Aim of the task — Copy out all of the records. Keep every word exact.

Exercise data —
//! Kinds: what an abstract state knows of a value.

ghost use Rattle.std.specs.Prelude.{◌≡◌, ℕ, IsSome, IsTrue};

use crate::domains::Domain;
use crate::scalars::Scalar;

/// Says what is known of the value of a register or of a stack slot. Offsets are in bytes.
///
/// An identity is shared by values that were copied from one another: what a test shows of one of
/// them holds of all. Identity 0 of a packet pointer stands for none: its variable part is 0.
#[derive(Clone, Copy, PartialEq, Eq, Debug, Default)]
pub enum Kind {
    /// Nothing: it may be unset.
    #[default]
    Unset,
    Number(Scalar),
    /// The context, `struct xdp_md`.
    Context,
    /// A pointer into a call frame, counted from the outermost, 0; the offset is from the frame's
    /// end.
    Stack {
        frame: u8,
        offset: i32,
    },
    /// A pointer into the packet: a fixed part, and a variable part within limits, which all
    /// pointers of the identity share. Where `proved` is not 0, that many bytes after the variable
    /// part are in the packet.
    Packet {
        fixed: i32,
        identity: u32,
        least: i32,
        greatest: i32,
        proved: u32,
    },
    PacketEnd,
    Map {
        index: u8,
    },
    /// A pointer to a live map value, at an offset within limits.
    MapValue {
        index: u8,
        least: i32,
        greatest: i32,
    },
    /// The answer of a look-up: a pointer to a live map value, or 0. All values of the identity are
    /// that pointer, or all are 0.
    MapValueOrNull {
        index: u8,
        identity: u32,
    },
}

impl Kind {
    ghost use Rattle.reg_state.specs.KindCover.{packet_identity_of, null_identity_of, IsCalled};
    ghost use Rattle.reg_state.specs.KindCover.{KindCovers, KindEncloses, IsNoNumber};

    /// The packet identity that it names, 0 included, if it names one.
    pub fn packet_identity(self) -> Option<u32>
        ensures { result ≡ packet_identity_of self }
    {
        match self {
            Kind::Packet { identity, .. } => Some(identity),
            _ => None,
        }
    }

    /// The null identity that it names, if it names one.
    pub fn null_identity(self) -> Option<u32>
        ensures { result ≡ null_identity_of self }
    {
        match self {
            Kind::MapValueOrNull { identity, .. } => Some(identity),
            _ => None,
        }
    }

    /// Returns whether it allows what `other` does, where `counterpart` is what `other`'s state
    /// calls the identity that it names. `packet` and `null` rename identities to those of
    /// `other`'s state.
    pub fn covers(self, other: Kind, counterpart: u32) -> bool
        ensures yes { IsTrue result → (packet null : ℕ → ℕ) → IsCalled packet null self counterpart
            → KindCovers packet null self other }
        ensures encloses { (packet null : ℕ → ℕ) → IsCalled packet null self counterpart
            → KindEncloses packet null self other → IsTrue result }
        ensures no { IsNoNumber self → (packet null : ℕ → ℕ) → IsCalled packet null self counterpart
            → KindCovers packet null self other → IsTrue result }
        ensures equal { self ≡ other → IsCalled (λ i. i) (λ i. i) self counterpart → IsTrue result }
    {
        match self {
            Kind::Unset => true,
            Kind::Number(numbers) => match other {
                Kind::Number(others) => numbers.covers(others),
                _ => false,
            },
            Kind::Context => matches!(other, Kind::Context),
            Kind::Stack { frame, offset } => match other {
                Kind::Stack {
                    frame: other_frame,
                    offset: other_offset,
                } => frame == other_frame && offset == other_offset,
                _ => false,
            },
            Kind::Packet { .. } => self.covers_packet(other, counterpart),
            Kind::PacketEnd => matches!(other, Kind::PacketEnd),
            Kind::Map { index } => match other {
                Kind::Map { index: map } => index == map,
                _ => false,
            },
            Kind::MapValue {
                index,
                least,
                greatest,
            } => match other {
                Kind::MapValue {
                    index: map,
                    least: other_least,
                    greatest: other_greatest,
                } => index == map && least <= other_least && other_greatest <= greatest,
                _ => false,
            },
            Kind::MapValueOrNull { index, .. } => match other {
                Kind::MapValueOrNull {
                    index: map,
                    identity: name,
                } => index == map && counterpart == name,
                _ => false,
            },
        }
    }

    // The same, of a packet pointer.
    fn covers_packet(self, other: Kind, counterpart: u32) -> bool
        requires { IsSome (packet_identity_of self) }
        ensures yes { IsTrue result → (packet null : ℕ → ℕ) → IsCalled packet null self counterpart
            → KindCovers packet null self other }
        ensures no { (packet null : ℕ → ℕ) → IsCalled packet null self counterpart
            → KindCovers packet null self other → IsTrue result }
        ensures equal { self ≡ other → IsCalled (λ i. i) (λ i. i) self counterpart → IsTrue result }
    {
        match self {
            Kind::Packet {
                fixed,
                least,
                greatest,
                proved,
                ..
            } => match other {
                Kind::Packet {
                    fixed: other_fixed,
                    identity: name,
                    least: other_least,
                    greatest: other_greatest,
                    proved: other_proved,
                } => {
                    if fixed != other_fixed || counterpart != name || other_proved < proved {
                        return false;
                    }
                    if other_least < least || greatest < other_greatest {
                        return false;
                    }
                    true
                }
                _ => false,
            },
            _ => false,
        }
    }
}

Expected output —
//! Kinds: what an abstract state knows of a value.

ghost use Rattle.std.specs.Prelude.{◌≡◌, ℕ, IsSome, IsTrue};

use crate::domains::Domain;
use crate::scalars::Scalar;

/// Says what is known of the value of a register or of a stack slot. Offsets are in bytes.
///
/// An identity is shared by values that were copied from one another: what a test shows of one of
/// them holds of all. Identity 0 of a packet pointer stands for none: its variable part is 0.
#[derive(Clone, Copy, PartialEq, Eq, Debug, Default)]
pub enum Kind {
    /// Nothing: it may be unset.
    #[default]
    Unset,
    Number(Scalar),
    /// The context, `struct xdp_md`.
    Context,
    /// A pointer into a call frame, counted from the outermost, 0; the offset is from the frame's
    /// end.
    Stack {
        frame: u8,
        offset: i32,
    },
    /// A pointer into the packet: a fixed part, and a variable part within limits, which all
    /// pointers of the identity share. Where `proved` is not 0, that many bytes after the variable
    /// part are in the packet.
    Packet {
        fixed: i32,
        identity: u32,
        least: i32,
        greatest: i32,
        proved: u32,
    },
    PacketEnd,
    Map {
        index: u8,
    },
    /// A pointer to a live map value, at an offset within limits.
    MapValue {
        index: u8,
        least: i32,
        greatest: i32,
    },
    /// The answer of a look-up: a pointer to a live map value, or 0. All values of the identity are
    /// that pointer, or all are 0.
    MapValueOrNull {
        index: u8,
        identity: u32,
    },
}

impl Kind {
    ghost use Rattle.reg_state.specs.KindCover.{packet_identity_of, null_identity_of, IsCalled};
    ghost use Rattle.reg_state.specs.KindCover.{KindCovers, KindEncloses, IsNoNumber};

    /// The packet identity that it names, 0 included, if it names one.
    pub fn packet_identity(self) -> Option<u32>
        ensures { result ≡ packet_identity_of self }
    {
        match self {
            Kind::Packet { identity, .. } => Some(identity),
            _ => None,
        }
    }

    /// The null identity that it names, if it names one.
    pub fn null_identity(self) -> Option<u32>
        ensures { result ≡ null_identity_of self }
    {
        match self {
            Kind::MapValueOrNull { identity, .. } => Some(identity),
            _ => None,
        }
    }

    /// Returns whether it allows what `other` does, where `counterpart` is what `other`'s state
    /// calls the identity that it names. `packet` and `null` rename identities to those of
    /// `other`'s state.
    pub fn covers(self, other: Kind, counterpart: u32) -> bool
        ensures yes { IsTrue result → (packet null : ℕ → ℕ) → IsCalled packet null self counterpart
            → KindCovers packet null self other }
        ensures encloses { (packet null : ℕ → ℕ) → IsCalled packet null self counterpart
            → KindEncloses packet null self other → IsTrue result }
        ensures no { IsNoNumber self → (packet null : ℕ → ℕ) → IsCalled packet null self counterpart
            → KindCovers packet null self other → IsTrue result }
        ensures equal { self ≡ other → IsCalled (λ i. i) (λ i. i) self counterpart → IsTrue result }
    {
        match self {
            Kind::Unset => true,
            Kind::Number(numbers) => match other {
                Kind::Number(others) => numbers.covers(others),
                _ => false,
            },
            Kind::Context => matches!(other, Kind::Context),
            Kind::Stack { frame, offset } => match other {
                Kind::Stack {
                    frame: other_frame,
                    offset: other_offset,
                } => frame == other_frame && offset == other_offset,
                _ => false,
            },
            Kind::Packet { .. } => self.covers_packet(other, counterpart),
            Kind::PacketEnd => matches!(other, Kind::PacketEnd),
            Kind::Map { index } => match other {
                Kind::Map { index: map } => index == map,
                _ => false,
            },
            Kind::MapValue {
                index,
                least,
                greatest,
            } => match other {
                Kind::MapValue {
                    index: map,
                    least: other_least,
                    greatest: other_greatest,
                } => index == map && least <= other_least && other_greatest <= greatest,
                _ => false,
            },
            Kind::MapValueOrNull { index, .. } => match other {
                Kind::MapValueOrNull {
                    index: map,
                    identity: name,
                } => index == map && counterpart == name,
                _ => false,
            },
        }
    }

    // The same, of a packet pointer.
    fn covers_packet(self, other: Kind, counterpart: u32) -> bool
        requires { IsSome (packet_identity_of self) }
        ensures yes { IsTrue result → (packet null : ℕ → ℕ) → IsCalled packet null self counterpart
            → KindCovers packet null self other }
        ensures no { (packet null : ℕ → ℕ) → IsCalled packet null self counterpart
            → KindCovers packet null self other → IsTrue result }
        ensures equal { self ≡ other → IsCalled (λ i. i) (λ i. i) self counterpart → IsTrue result }
    {
        match self {
            Kind::Packet {
                fixed,
                least,
                greatest,
                proved,
                ..
            } => match other {
                Kind::Packet {
                    fixed: other_fixed,
                    identity: name,
                    least: other_least,
                    greatest: other_greatest,
                    proved: other_proved,
                } => {
                    if fixed != other_fixed || counterpart != name || other_proved < proved {
                        return false;
                    }
                    if other_least < least || greatest < other_greatest {
                        return false;
                    }
                    true
                }
                _ => false,
            },
            _ => false,
        }
    }
}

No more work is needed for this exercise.